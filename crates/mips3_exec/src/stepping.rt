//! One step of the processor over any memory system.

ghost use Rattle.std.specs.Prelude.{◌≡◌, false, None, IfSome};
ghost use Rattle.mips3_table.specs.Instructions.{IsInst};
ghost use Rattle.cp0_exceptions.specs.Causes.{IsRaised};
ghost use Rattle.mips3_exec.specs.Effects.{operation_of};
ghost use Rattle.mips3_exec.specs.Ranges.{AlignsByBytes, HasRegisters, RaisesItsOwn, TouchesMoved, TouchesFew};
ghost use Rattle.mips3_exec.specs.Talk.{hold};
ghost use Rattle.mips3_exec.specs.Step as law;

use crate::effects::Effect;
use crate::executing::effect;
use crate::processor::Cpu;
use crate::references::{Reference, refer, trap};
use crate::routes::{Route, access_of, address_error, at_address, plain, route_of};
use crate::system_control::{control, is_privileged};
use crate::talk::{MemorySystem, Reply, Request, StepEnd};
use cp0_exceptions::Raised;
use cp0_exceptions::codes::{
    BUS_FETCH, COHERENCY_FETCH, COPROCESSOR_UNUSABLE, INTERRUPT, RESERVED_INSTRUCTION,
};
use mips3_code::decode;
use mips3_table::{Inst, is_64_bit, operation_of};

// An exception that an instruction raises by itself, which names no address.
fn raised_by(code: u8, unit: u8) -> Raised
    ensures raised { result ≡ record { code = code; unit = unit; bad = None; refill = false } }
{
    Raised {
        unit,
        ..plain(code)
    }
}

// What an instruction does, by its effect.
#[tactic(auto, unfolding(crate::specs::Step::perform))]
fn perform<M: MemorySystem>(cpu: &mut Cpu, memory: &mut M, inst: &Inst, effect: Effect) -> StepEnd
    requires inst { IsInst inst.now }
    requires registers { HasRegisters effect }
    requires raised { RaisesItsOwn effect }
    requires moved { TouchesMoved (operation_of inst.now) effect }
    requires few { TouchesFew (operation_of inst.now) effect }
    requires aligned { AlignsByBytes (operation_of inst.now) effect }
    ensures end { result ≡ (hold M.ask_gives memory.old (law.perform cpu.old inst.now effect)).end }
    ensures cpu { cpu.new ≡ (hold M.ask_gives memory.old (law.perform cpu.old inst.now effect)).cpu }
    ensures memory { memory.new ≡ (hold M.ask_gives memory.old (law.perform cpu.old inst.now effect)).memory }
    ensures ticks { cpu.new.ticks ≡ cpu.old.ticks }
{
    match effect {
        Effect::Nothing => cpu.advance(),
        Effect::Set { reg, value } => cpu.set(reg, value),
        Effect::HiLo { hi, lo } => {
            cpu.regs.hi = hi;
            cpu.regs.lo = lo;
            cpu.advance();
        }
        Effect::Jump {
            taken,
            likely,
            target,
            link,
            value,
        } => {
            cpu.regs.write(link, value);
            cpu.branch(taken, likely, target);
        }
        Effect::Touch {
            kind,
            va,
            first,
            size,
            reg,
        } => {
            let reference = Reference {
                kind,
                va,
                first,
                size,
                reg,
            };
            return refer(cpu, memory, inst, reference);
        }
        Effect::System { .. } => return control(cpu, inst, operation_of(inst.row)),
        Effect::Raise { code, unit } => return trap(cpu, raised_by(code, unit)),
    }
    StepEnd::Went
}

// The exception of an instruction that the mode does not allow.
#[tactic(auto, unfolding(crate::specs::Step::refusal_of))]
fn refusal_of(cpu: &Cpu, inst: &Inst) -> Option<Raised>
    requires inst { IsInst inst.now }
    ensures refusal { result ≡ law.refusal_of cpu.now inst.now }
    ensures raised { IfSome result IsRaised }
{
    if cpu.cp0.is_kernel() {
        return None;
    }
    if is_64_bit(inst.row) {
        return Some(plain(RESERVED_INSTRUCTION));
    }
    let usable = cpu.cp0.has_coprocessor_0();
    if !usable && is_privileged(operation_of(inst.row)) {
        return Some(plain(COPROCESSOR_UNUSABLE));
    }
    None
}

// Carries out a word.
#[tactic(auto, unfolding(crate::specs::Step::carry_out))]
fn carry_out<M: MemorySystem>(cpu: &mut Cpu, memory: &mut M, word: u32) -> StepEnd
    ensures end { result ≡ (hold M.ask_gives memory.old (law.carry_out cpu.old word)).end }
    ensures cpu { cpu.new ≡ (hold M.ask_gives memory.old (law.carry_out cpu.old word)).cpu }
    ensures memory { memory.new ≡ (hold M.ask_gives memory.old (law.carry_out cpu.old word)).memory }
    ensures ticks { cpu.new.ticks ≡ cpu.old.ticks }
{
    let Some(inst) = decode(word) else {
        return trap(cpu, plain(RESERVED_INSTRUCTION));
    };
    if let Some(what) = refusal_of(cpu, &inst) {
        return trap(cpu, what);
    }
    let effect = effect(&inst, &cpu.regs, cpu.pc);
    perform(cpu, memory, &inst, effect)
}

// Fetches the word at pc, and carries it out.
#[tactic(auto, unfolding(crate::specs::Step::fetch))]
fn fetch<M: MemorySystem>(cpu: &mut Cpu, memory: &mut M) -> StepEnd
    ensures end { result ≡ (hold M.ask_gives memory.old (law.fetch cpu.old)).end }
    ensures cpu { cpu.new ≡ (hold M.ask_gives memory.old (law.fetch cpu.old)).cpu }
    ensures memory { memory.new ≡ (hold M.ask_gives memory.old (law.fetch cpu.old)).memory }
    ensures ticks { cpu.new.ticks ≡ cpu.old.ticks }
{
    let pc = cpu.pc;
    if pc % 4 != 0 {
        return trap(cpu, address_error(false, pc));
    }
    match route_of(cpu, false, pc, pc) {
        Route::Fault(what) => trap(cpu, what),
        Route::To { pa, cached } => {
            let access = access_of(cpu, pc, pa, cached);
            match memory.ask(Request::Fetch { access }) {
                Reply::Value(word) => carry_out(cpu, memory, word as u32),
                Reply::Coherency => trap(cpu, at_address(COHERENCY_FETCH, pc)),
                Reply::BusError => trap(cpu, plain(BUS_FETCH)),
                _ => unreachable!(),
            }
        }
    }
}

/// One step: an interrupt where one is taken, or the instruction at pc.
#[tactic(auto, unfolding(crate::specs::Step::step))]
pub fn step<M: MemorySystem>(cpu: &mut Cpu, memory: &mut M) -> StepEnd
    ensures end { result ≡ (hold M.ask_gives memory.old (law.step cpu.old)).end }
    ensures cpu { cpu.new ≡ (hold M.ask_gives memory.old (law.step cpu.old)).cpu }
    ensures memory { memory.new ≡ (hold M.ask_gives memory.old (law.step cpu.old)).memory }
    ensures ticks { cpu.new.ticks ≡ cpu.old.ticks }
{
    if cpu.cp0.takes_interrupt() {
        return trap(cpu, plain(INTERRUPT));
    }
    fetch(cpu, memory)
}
..........
_ASSIGNMENT_. Retype, without changes, the lines from the line holding "pub fn step<M: MemorySystem>(cpu: &mut" to the end of the data, both ends included.

_ANSWER SPACE_.
pub fn step<M: MemorySystem>(cpu: &mut Cpu, memory: &mut M) -> StepEnd
    ensures end { result ≡ (hold M.ask_gives memory.old (law.step cpu.old)).end }
    ensures cpu { cpu.new ≡ (hold M.ask_gives memory.old (law.step cpu.old)).cpu }
    ensures memory { memory.new ≡ (hold M.ask_gives memory.old (law.step cpu.old)).memory }
    ensures ticks { cpu.new.ticks ≡ cpu.old.ticks }
{
    if cpu.cp0.takes_interrupt() {
        return trap(cpu, plain(INTERRUPT));
    }
    fetch(cpu, memory)
}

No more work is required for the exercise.